Best regards, Ben[/QUOTE]

From India, Delhi
bensimo
70

Teamgrouphr,

You asked if I would elaborate on the techniques of listening and responding.

In my response to B.Saikumar, after mentioning that the executive or manager must listen more that enough to satisfy their need to be heard and respond to their satisfaction or better (to their satisfaction or better are key words), I wrote - "Along the way, you will learn a lot of details from making mistakes such as how to listen, how to conduct sessions to listen to employee complaints, suggestions, and questions, how to respond to what you hear, the values employees have and how they use them, and most importantly how to convert the ~95% of employees who are followers into non-followers (this may not be possible to learn through making mistakes, but it is easy to do and does have a very positive effect on productivity, innovation, and creativity)."

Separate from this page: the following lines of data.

//! The fields of a row: a packet's number, and moments in ticks or in time.
use field_units::Time;
use packet_audit::Row;
use scenario_reader::values::number;

// A moment, in parts of a tick.
#[derive(Clone, Copy)]
pub(crate) struct Moment(pub(crate) u128);

// Into how many parts moments are told: those that a tick has, where its length is known.
#[derive(Clone, Copy)]
pub(crate) struct Clock {
    // How many picoseconds a tick has, or 1 where that isn't known.
    pub(crate) tick: u64,
    // Whether it is.
    pub(crate) known: bool,
}

// Why a field is no moment.
#[derive(Clone, Copy, Debug, PartialEq, Eq)]
pub(crate) enum BadMoment {
    // It is neither a number nor a time.
    Text,
    // It is a time, and the length of a tick isn't known.
    NoTick,
}

impl Clock {
    // The clock of a network with this tick.
    pub(crate) fn new(tick: Option<Time>) -> Clock {
        match tick {
            Some(time) if time.picoseconds > 0 => Clock {
                tick: time.picoseconds,
                known: true,
            },
            _ => Clock {
                tick: 1,
                known: false,
            },
        }
    }

    // The moment that a field tells.
    pub(crate) fn moment(&self, field: &str) -> Result<Moment, BadMoment> {
        if let Some(ticks) = whole_number(field) {
            return Ok(Moment(u128::from(ticks).saturating_mul(u128::from(self.tick))));
        }
        match Time::parse(field) {
            Ok(time) if self.known => Ok(Moment(u128::from(time.picoseconds))),
            Ok(_) => Err(BadMoment::NoTick),
            Err(_) => Err(BadMoment::Text),
        }
    }

    // Whether a moment is that of a tick.
    pub(crate) fn is_whole(&self, moment: Moment) -> bool {
        moment.0 % u128::from(self.tick.max(1)) == 0
    }

    // The row of a packet of a channel that was sent and arrived at these moments.
    pub(crate) fn row(&self, channel: usize, sent: Moment, arrived: Moment) -> Row {
        let tick = u128::from(self.tick.max(1));
        let from = narrow(sent.0.div_ceil(tick));
        if arrived.0 < sent.0 {
            return Row {
                channel,
                sent: from,
                arrived: from.saturating_sub(1),
            };
        }
        Row {
            channel,
            sent: from,
            arrived: from.saturating_add(narrow((arrived.0 - sent.0) / tick)),
        }
    }
}

// The number that a field holds: at most 18 digits, without a sign.
pub(crate) fn whole_number(field: &str) -> Option<u64> {
    number(field.as_bytes(), 0, u64::MAX).ok()
}

// A number of ticks, or the most that fits.
fn narrow(ticks: u128) -> u64 {
    u64::try_from(ticks).unwrap_or(u64::MAX)
}
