//! Questions about packets: what came of each channel of a network, and which rows of a table of measured packets break a promise.
#![tactic(auto)]

mod audit;
mod channels;
mod faults;
mod fields;
mod table;

pub use audit::{Audit, audit_of};
pub use channels::channels_of;
pub use packet_answers::Trouble;
pub use table::{BadLine, MOST_TOLD};
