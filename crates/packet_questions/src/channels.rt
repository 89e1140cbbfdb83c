//! The table of channels.
ghost use Rattle.packet_answers.specs.Plays.{StandsAfter};

use answer_grids::{Answer, Cell, Column, Grid, time_text};
use call_script::RequestEntry;
use field_units::Time;
use network_files::Network;
use network_questions::{denial_text, link_name, time_cell, verdict_word};
use packet_answers::{ChannelRow, Played, Trouble, longest_at, play, rows_told};
use run_record::HopRow;
use std::alloc::{AllocError, Global};

// The columns that a table has only where a row has something there.
#[derive(Clone, Copy)]
struct Extras {
    // From which packet on a source breaks its contract.
    breaks: bool,
    // How many sends were refused.
    refused: bool,
    // How many packets haven't arrived.
    missing: bool,
}

/// What came of the channel of each request, in the run of the network by its schedule: what its source did, how many packets arrived,
/// the delay that it wants, that it was promised, and the worst of a packet, in ticks and, where the tick is known, as times. It is a
/// yes where every request is accepted and no packet of a source that keeps its contract is later than was promised.
pub fn channels_of(alloc: Global, network: &Network) -> Result<Answer, Trouble> {
    let played = play(alloc, &network.plan, &network.schedule)?;
    let hops = played.rows(alloc)?;
    let told = rows_told(alloc, &network.plan, &played, hops.as_slice())?;
    let extras = extras_of(told.as_slice());
    let mut rows = Vec::new(alloc);
    for (number, row) in told.iter().enumerate() {
        rows.push(cells_of(
            alloc,
            network,
            &played,
            hops.as_slice(),
            &extras,
            number,
            row,
        )?)?;
    }
    Ok(Answer {
        grid: Grid {
            columns: columns_of(alloc, network.tick, &extras)?,
            rows,
        },
        shows_grid: true,
        lines: Vec::new(alloc),
        holds: told.iter().all(is_kept),
    })
}

// Whether a request is accepted, and no packet is later than was promised as long as its source keeps its contract.
fn is_kept(row: &ChannelRow) -> bool {
    match (row.promised, row.worst) {
        (Some(promised), Some(worst)) => !row.keeps || worst <= u128::from(promised),
        (promised, _) => promised.is_some(),
    }
}

// Which of the columns have something in a row.
fn extras_of(rows: &[ChannelRow]) -> Extras {
    Extras {
        breaks: rows.iter().any(|row| row.breaks_from.is_some()),
        refused: rows.iter().any(|row| row.refused > 0),
        missing: rows.iter().any(|row| missing_in(row) > 0),
    }
}

// How many packets that were sent haven't arrived: they were dropped, or are still on their way.
fn missing_in(row: &ChannelRow) -> u64 {
    (row.sent as u64).saturating_sub(row.arrived)
}

// The columns, with times where the tick is known.
fn columns_of(
    alloc: Global,
    tick: Option<Time>,
    extras: &Extras,
) -> Result<Vec<Column>, AllocError> {
    let mut columns = Vec::new(alloc);
    columns.push(Column::of_words("request", "request"))?;
    columns.push(Column::of_words("verdict", "verdict"))?;
    columns.push(Column::of_words("source", "source"))?;
    push_if(&mut columns, extras.breaks, "breaks_from", "from packet")?;
    push_if(&mut columns, extras.refused, "refused", "refused")?;
    push_if(&mut columns, extras.missing, "missing", "missing")?;
    columns.push(Column::of_numbers("arrived", "arrived"))?;
    columns.push(Column::of_numbers("wanted", "wanted"))?;
    columns.push(Column::of_numbers("promised", "promised"))?;
    columns.push(Column::of_numbers("worst", "worst"))?;
    columns.push(Column::of_numbers("to_spare", "to spare"))?;
    columns.push(Column::of_numbers("left", "left"))?;
    let timed = tick.is_some();
    push_if(&mut columns, timed, "wanted_time", "wanted")?;
    push_if(&mut columns, timed, "promised_time", "promised")?;
    push_if(&mut columns, timed, "worst_time", "worst")?;
    push_if(&mut columns, timed, "to_spare_time", "to spare")?;
    push_if(&mut columns, timed, "left_time", "left")?;
    columns.push(Column::of_words("longest_at", "longest at"))?;
    columns.push(Column::of_words("why", "why"))?;
    Ok(columns)
}

// Adds a column of numbers where it is wanted.
fn push_if(
    columns: &mut Vec<Column>,
    wanted: bool,
    name: &'static str,
    head: &'static str,
) -> Result<(), AllocError> {
    if wanted {
        columns.push(Column::of_numbers(name, head))?;
    }
    Ok(())
}

// The cells of the request of this number.
fn cells_of(
    alloc: Global,
    network: &Network,
    played: &Played,
    hops: &[HopRow],
    extras: &Extras,
    number: usize,
    row: &ChannelRow,
) -> Result<Vec<Cell>, AllocError>
    requires { StandsAfter network.now.plan played.now }
{
    let Some(entry) = network.plan.requests().get(number) else {
        return Ok(Vec::new(alloc));
    };
    let verdict = played.callers.verdict(&network.plan, number);
    let mut cells = Vec::new(alloc);
    cells.push(Cell::text(alloc, entry.name.as_str())?)?;
    cells.push(Cell::text(alloc, verdict_word(&verdict))?)?;
    push_source(alloc, &mut cells, extras, row)?;
    push_delays(alloc, &mut cells, network.tick, entry.request.delay, row)?;
    let slowest = slowest_of(network, entry, hops, row);
    cells.push(Cell::text(alloc, slowest)?)?;
    cells.push(Cell::Text(denial_text(alloc, &verdict)?))?;
    Ok(cells)
}

// Adds what a source did.
fn push_source(
    alloc: Global,
    cells: &mut Vec<Cell>,
    extras: &Extras,
    row: &ChannelRow,
) -> Result<(), AllocError> {
    cells.push(Cell::text(alloc, source_word(row))?)?;
    if extras.breaks {
        cells.push(Cell::number(row.breaks_from))?;
    }
    if extras.refused {
        cells.push(Cell::Number(row.refused))?;
    }
    if extras.missing {
        cells.push(Cell::Number(missing_in(row)))?;
    }
    Ok(())
}

// The word for what a source did. One that isn't accepted may not send.
fn source_word(row: &ChannelRow) -> &'static str {
    if row.promised.is_none() {
        ""
    } else if row.sent == 0 {
        "none"
    } else if row.keeps {
        "keeps"
    } else {
        "breaks"
    }
}

// Adds the packets that arrived and the delays, in ticks and as times.
fn push_delays(
    alloc: Global,
    cells: &mut Vec<Cell>,
    tick: Option<Time>,
    wanted: u64,
    row: &ChannelRow,
) -> Result<(), AllocError> {
    let wanted = Some(wanted);
    let promised = row.promised;
    let worst = worst_of(row);
    let arrived = promised.map(|_| row.arrived);
    cells.push(Cell::number(arrived))?;
    cells.push(Cell::number(wanted))?;
    cells.push(Cell::number(promised))?;
    cells.push(Cell::number(worst))?;
    cells.push(less_cell(alloc, wanted, promised, None)?)?;
    cells.push(less_cell(alloc, promised, worst, None)?)?;
    if let Some(tick) = tick {
        cells.push(time_cell(alloc, wanted, tick)?)?;
        cells.push(time_cell(alloc, promised, tick)?)?;
        cells.push(time_cell(alloc, worst, tick)?)?;
        cells.push(less_cell(alloc, wanted, promised, Some(tick))?)?;
        cells.push(less_cell(alloc, promised, worst, Some(tick))?)?;
    }
    Ok(())
}

// The worst delay, as a number that fits.
fn worst_of(row: &ChannelRow) -> Option<u64> {
    match row.worst {
        Some(worst) => Some(u64::try_from(worst).unwrap_or(u64::MAX)),
        None => None,
    }
}

// One number less another, where there are both: of ticks, or as a time where the tick is given.
fn less_cell(
    alloc: Global,
    number: Option<u64>,
    other: Option<u64>,
    tick: Option<Time>,
) -> Result<Cell, AllocError> {
    let (Some(number), Some(other)) = (number, other) else {
        return Ok(Cell::Nothing);
    };
    let apart = number.abs_diff(other);
    let sign = if number < other { "-" } else { "" };
    match tick {
        Some(tick) => {
            let time = time_text(alloc, apart, tick)?;
            let time = time.as_str();
            Ok(Cell::Text(format!(in alloc; "{sign}{time}")?))
        }
        None if number < other => Ok(Cell::Text(format!(in alloc; "-{apart}")?)),
        None => Ok(Cell::Number(apart)),
    }
}

// The name of the link at which the packet with the worst delay stood longest.
fn slowest_of<'a>(
    network: &'a Network,
    entry: &RequestEntry,
    hops: &[HopRow],
    row: &ChannelRow,
) -> &'a str {
    let Some(worst) = row.worst else {
        return "";
    };
    match longest_at(&entry.request, hops, worst) {
        Some(link) => link_name(&network.plan, link),
        None => "",
    }
}
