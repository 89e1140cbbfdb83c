//! Which rows of a table of measured packets break a promise.
ghost use Rattle.std.specs.Prelude.{IfOk};
ghost use Rattle.packet_questions.specs.Audits.{IsAuditOf, IsJudgedBy};

use crate::faults::answer_of;
use crate::fields::Clock;
use crate::table::{BadLine, Table, read_table};
use answer_grids::Answer;
use network_files::Network;
use packet_answers::{Judged, Promises, Trouble, judge, play};
use packet_audit::Row;
use std::alloc::Global;

/// By how many ticks more two delays may differ where moments aren't those of ticks. A packet that is sent between two ticks is taken
/// with the next one, and one that arrives between two ticks arrives with the next one.
pub const ROUNDING: u64 = 2;

/// What was found of a table.
#[derive(Drop)]
pub enum Audit {
    /// It can be read.
    Read {
        /// The packets, in the order of the lines, with their moments in ticks.
        rows: Vec<Row>,
        /// By how many ticks more two delays may differ: `ROUNDING` where a moment isn't that of a tick, and otherwise 0.
        rounding: u64,
        /// With what they were compared, and what was found of them.
        judged: Judged,
        /// That as a table.
        answer: Answer,
    },
    /// It can't: its first bad lines, at most `MOST_TOLD`, and how many more there are.
    Bad {
        lines: Vec<BadLine>,
        more: usize,
    },
}

/// Which rows of a table of measured packets break what the channels of a network were promised in its run by its schedule. It is a yes
/// where there is none.
///
/// The table is CSV: `channel,packet,sent,arrived`, and then a line for each packet. A channel is the name of a request. Its packets are
/// numbered from 1, in the order in which they were sent. A moment is a whole number of ticks, or a time such as `1.25 ms` where the
/// length of a tick is known. `Memory` comes only for want of memory, and `Step` where a line of the schedule asks for a step that
/// isn't left.
pub fn audit_of(alloc: Global, network: &Network, table: &[u8]) -> Result<Audit, Trouble>
    ensures { IfOk result (IsAuditOf network.now.plan network.now.schedule) }
{
    let played = play(alloc, &network.plan, &network.schedule)?;
    let promises = Promises::new(alloc, &network.plan, &played)?;
    let audit = audit_by(alloc, network, &promises, table)?;
    Ok(audit)
}

// The same, by these promises.
fn audit_by(
    alloc: Global,
    network: &Network,
    promises: &Promises,
    table: &[u8],
) -> Result<Audit, Trouble>
    ensures { IfOk result (IsJudgedBy promises.now.list.items) }
{
    let clock = Clock::new(network.tick);
    let table = read_table(alloc, &network.plan, promises, &clock, table)?;
    if table.bad.is_empty() {
        let audit = judged(alloc, network, promises, table)?;
        return Ok(audit);
    }
    Ok(Audit::Bad {
        lines: table.bad,
        more: table.more,
    })
}

// Judges a table that was read.
fn judged(
    alloc: Global,
    network: &Network,
    promises: &Promises,
    table: Table,
) -> Result<Audit, Trouble>
    ensures { IfOk result (IsJudgedBy promises.now.list.items) }
{
    let rounding = if table.is_rounded { ROUNDING } else { 0 };
    let judged = judge(alloc, promises, rounding, table.rows.as_slice())?;
    let answer = answer_of(
        alloc,
        &network.plan,
        network.tick,
        promises,
        &table,
        judged.found.as_slice(),
    )?;
    Ok(Audit::Read {
        rows: table.rows,
        rounding,
        judged,
        answer,
    })
}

So the answer to your simple question would take many pages. In fact, I wrote a book with all the details one needs about managing people and it is available at my website. I wish I could give you a quick answer, but there is no such quick answer. If you try meeting with people solely for the purpose of listening and responding to whatever they have to say, you will develop most of the details in a year or two if you concentrate and keep correcting your errors to the satisfaction of your employees or better. The only one really hard to learn by trial and error is what followers are and how to convert them into non-followers.

Sorry I cannot be of more help. I do coach executives and managers if you are interested.

Best regards, Ben

From United States, Tampa
teamgrouphr
107

Dear Ben,
Greetings!!!
I will go through your book.
I am based in India and you seem to be in US.
If you ever make a trip to India for coaching/seminar, kindly give me a buzz.
You may also add my email id for your newsletters.

From India, Delhi
bensimo
70

Shantanu,
I would love to get your comments on my book.
I am in the US, but may get to India day. I understand that lightning does strike on occasion and if it does I will certainly look you up.
I currently do most of my coaching via teleconference. I plan to make a complete course available in the not too distant future.
Best regards, Ben

From United States, Tampa
saiconsult
1898

Dear Bensimo
Sorry for being late in my response as I could see the mails to day only.Thank you for clarifiying my questions and elaborately sharing your views.What I understand from your reply is that the key to employee enagement is to create a sense of owneship in the employees by making them realise that they can influence the work place through listening and responding to them and that sense of ownership begets commitment and that sense of commitment will lead to a fully and contnuously engaged work force. I agree with your views. Perhaps the management's role in the process of employee enagement is altered from directing and controlling the efforts of employees to coordinating and collaborating them to sustain the sense of ownership in employees.